[Directions for this task]:
Repeat the lines of the data exactly, from the first one through the one that contains "andi $a0, $a0, 0xff\nli".

[Stored items]:
——————————

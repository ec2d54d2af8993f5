use std::alloc::Global;
use std::process::Abort;
use std::test::Fail;
use tg_asm::{AsmFault, assemble};
use tg_bare::{BareMachine, load_bare};
use tg_base::{Bytes, PlainSource, RoomSink, Words};
use tg_isa::Image;
use tg_machine::{RunEnd, load};

/// How programs end, with delayed branches and without, on 16 bytes of heap and 64 of stack.
const ENDS: [&str; 17] = [
    "Exit(7)|Exit(0)|.text\nmain: li $v0, 17\nj e\nli $a0, 7\nli $a0, 9\ne: syscall",
    "BadWord(135266304)|StepLimit|main: j main\nj main",
    // a branch to its own delay slot, which is done twice
    "Exit(2)|Exit(1)|main: beq $zero, $zero, s\ns: addiu $a0, $a0, 1\nli $v0, 17\nsyscall",
    // the word that a call leaves
    "Exit(8)|Exit(4)|main: jal f\nnop\nf: andi $a0, $ra, 0xff\nli $v0, 17\nsyscall",
    "Exit(16)|Exit(0)|main: li $t0, 0x00400014\njalr $t1, $t0\naddiu $a0, $t1, 0\nbreak 9\n\
     andi $a0, $a0, 0xff\nli $v0, 17\nsyscall",
    // behind a branch that isn't taken is a delay slot too
    "BadWord(268500990)|StepLimit|main: bne $zero, $zero, main\nbeq $zero, $zero, main",
    "Exit(3)|Exit(3)|main: bne $zero, $zero, e\nli $a0, 3\nli $v0, 17\nsyscall\ne: break 1",
    // a delay slot behind the code, and one in it
    "BadAddress(4194308)|Exit(0)|main: jr $ra",
    "Exit(0)|Exit(0)|main: jr $ra\nli $a0, 5",
    "BadService(0)|BadAddress(4194316)|main: j e\nsyscall\ne: nop",
    // the row behind a delay slot may control again
    "Exit(6)|Exit(0)|main: li $v0, 17\nj a\naddiu $a0, $a0, 1\na: j b\naddiu $a0, $a0, 2\n\
     b: beq $zero, $zero, c\naddiu $a0, $a0, 3\nc: syscall",
    // the delay slot is done before the run goes wrong at the target
    "Unaligned(2147483645)|Unaligned(13)|main: li $t0, 13\njr $t0\nlw $t1, 1($sp)",
    "Unaligned(13)|Unaligned(13)|main: li $t0, 13\njr $t0\nnop",
    // each branch, taken and not
    "Exit(7)|Exit(0)|main: li $v0, 17\nli $t0, -1\nblez $t0, a\naddiu $a0, $a0, 1\n\
     a: bltz $t0, b\naddiu $a0, $a0, 2\nb: bgez $zero, c\naddiu $a0, $a0, 4\nc: syscall",
    "Exit(7)|Exit(7)|main: li $v0, 17\nli $t0, 1\nblez $t0, e\naddiu $a0, $a0, 1\n\
     bltz $t0, e\naddiu $a0, $a0, 2\nbgtz $zero, e\naddiu $a0, $a0, 4\nsyscall\ne: break 1",
    "Exit(5)|Exit(0)|main: li $v0, 17\nli $t0, 1\nbgtz $t0, a\naddiu $a0, $a0, 1\n\
     a: bne $t0, $zero, b\naddiu $a0, $a0, 4\nb: syscall",
    // a loop that counts in its delay slot
    "Exit(4)|Exit(1)|main: li $v0, 17\nli $t0, 3\na: addi $t0, $t0, -1\nbgez $t0, a\n\
     addiu $a0, $a0, 1\nsyscall",
];

/// The image of a text.
fn image_of(alloc: Global, text: &str) -> Result<Image, Fail> {
    match assemble(alloc, text.as_bytes()) {
        Ok(image) => Ok(image),
        Err(AsmFault::Bad { .. }) => Err("a fault")?,
        Err(AsmFault::Memory) => Err("memory")?,
    }
}

/// A sink with so much room. In a box, as machines are here, which a check lets go by a call.
fn sink(alloc: Global, room: usize) -> Result<Box<RoomSink>, Fail> {
    Ok(Box::new(alloc, RoomSink::new(alloc, room, Vec::new(alloc))?)?)
}

/// A machine with delayed branches and an image, 16 bytes of heap and 64 of stack.
fn machine(rt: &impl Abort, alloc: Global, image: &Image) -> Result<Box<BareMachine>, Fail> {
    assert!(rt; image.code.as_slice().len() <= 100 && image.statics.as_slice().len() <= 100);
    Ok(Box::new(alloc, load_bare(alloc, image, 16, 64)?)?)
}

/// How the program of a text ends with delayed branches, as it is shown.
fn delayed_end(rt: &impl Abort, alloc: Global, text: &str) -> Result<String, Fail> {
    let mut input = PlainSource::new(Vec::new(alloc));
    let mut out = sink(alloc, 0)?;
    let end = machine(rt, alloc, &image_of(alloc, text)?)?.run(&mut input, &mut *out, 100);
    Ok(format!(in alloc; "{end:?}")?)
}

/// How it ends without.
fn plain_end(rt: &impl Abort, alloc: Global, text: &str) -> Result<String, Fail> {
    let image = image_of(alloc, text)?;
    assert!(rt; image.code.as_slice().len() <= 100 && image.statics.as_slice().len() <= 100);
    let mut input = PlainSource::new(Vec::new(alloc));
    let mut out = sink(alloc, 0)?;
    let mut run = Box::new(alloc, load(alloc, &image, 16, 64)?)?;
    let end = run.run(&mut input, &mut *out, 100);
    Ok(format!(in alloc; "{end:?}")?)
}

#[test]
fn ends(rt: HostRuntime) -> Result<(), Fail> {
    for row in ENDS {
        let (delayed, rest) = row.split_once('|').ok_or("a row without its ends")?;
        let (plain, text) = rest.split_once('|').ok_or("a row without its text")?;
        let shown = delayed_end(&rt, rt.alloc(), text)?;
        assert_eq!(rt; shown.as_str(), delayed, "{text}");
        let shown = plain_end(&rt, rt.alloc(), text)?;
        assert_eq!(rt; shown.as_str(), plain, "without: {text}");
    }
    Ok(())
}

/// A program that writes `A` in a delay slot, reads a byte in another and exits with it.
const IN_SLOTS: &str =
    "main: li $a0, 65\nli $v0, 11\nj a\nsyscall\na: li $v0, 12\njal b\nsyscall\nbreak 1\n\
b: or $a0, $v0, $zero\nli $v0, 17\nsyscall";

#[test]
fn services_in_delay_slots(rt: HostRuntime) -> Result<(), Fail> {
    let alloc = rt.alloc();
    let mut input = PlainSource::new([9].as_slice().to_vec(alloc)?);
    let mut out = sink(alloc, 8)?;
    let mut run = machine(&rt, alloc, &image_of(alloc, IN_SLOTS)?)?;
    assert_eq!(rt; run.run(&mut input, &mut *out, 100), RunEnd::Exit(9));
    assert_eq!(rt; (out.taken(), run.written()), (b"A".as_slice(), 1));
    Ok(())
}

#[test]
fn stops_between_a_branch_and_its_slot(rt: HostRuntime) -> Result<(), Fail> {
    let alloc = rt.alloc();
    let mut input = PlainSource::new([9].as_slice().to_vec(alloc)?);
    let mut out = sink(alloc, 8)?;
    let mut run = machine(&rt, alloc, &image_of(alloc, IN_SLOTS)?)?;
    for _ in 0..9 {
        assert_eq!(rt; run.run(&mut input, &mut *out, 1), RunEnd::StepLimit);
    }
    assert_eq!(rt; run.run(&mut input, &mut *out, 1), RunEnd::Exit(9));
    assert_eq!(rt; run.run(&mut input, &mut *out, 1), RunEnd::Exit(9));
    Ok(())
}

/// An image of 50 words from a seed, by a congruence (Numerical Recipes).
fn random_image(alloc: Global, seed: u32) -> Result<Image, Fail> {
    let mut words = Vec::new(alloc);
    let mut state = seed;
    for _ in 0..50 {
        state = state.wrapping_mul(1_664_525).wrapping_add(1_013_904_223);
        words.push(state)?;
    }
    Ok(Image {
        code: Words::from_vec(words),
        statics: Bytes::from_vec(Vec::new(alloc)),
        entry: 0x0040_0000,
    })
}

/// Runs the image of a seed to its end, and then asks it again.
fn run_and_ask(rt: &impl Abort, alloc: Global, seed: u32) -> Result<(), Fail> {
    let mut run = machine(rt, alloc, &random_image(alloc, seed)?)?;
    let mut input = PlainSource::new(Vec::new(alloc));
    let mut out = sink(alloc, 64)?;
    let end = run.run(&mut input, &mut *out, 1000);
    if end != RunEnd::StepLimit {
        assert_eq!(rt; run.run(&mut input, &mut *out, 1000), end);
    }
    Ok(())
}

#[test]
fn random_words_as_code(rt: HostRuntime) -> Result<(), Fail> {
    for seed in 0..200 {
        run_and_ask(&rt, rt.alloc(), seed)?;
    }
    Ok(())
}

——————————

[Exercise output]:
repository ec2d54d2af8993f5
use std::alloc::Global;
use std::process::Abort;
use std::test::Fail;
use tg_asm::{AsmFault, assemble};
use tg_bare::{BareMachine, load_bare};
use tg_base::{Bytes, PlainSource, RoomSink, Words};
use tg_isa::Image;
use tg_machine::{RunEnd, load};

/// How programs end, with delayed branches and without, on 16 bytes of heap and 64 of stack.
const ENDS: [&str; 17] = [
    "Exit(7)|Exit(0)|.text\nmain: li $v0, 17\nj e\nli $a0, 7\nli $a0, 9\ne: syscall",
    "BadWord(135266304)|StepLimit|main: j main\nj main",
    // a branch to its own delay slot, which is done twice
    "Exit(2)|Exit(1)|main: beq $zero, $zero, s\ns: addiu $a0, $a0, 1\nli $v0, 17\nsyscall",
    // the word that a call leaves
    "Exit(8)|Exit(4)|main: jal f\nnop\nf: andi $a0, $ra, 0xff\nli $v0, 17\nsyscall",
    "Exit(16)|Exit(0)|main: li $t0, 0x00400014\njalr $t1, $t0\naddiu $a0, $t1, 0\nbreak 9\n\
     andi $a0, $a0, 0xff\nli $v0, 17\nsyscall",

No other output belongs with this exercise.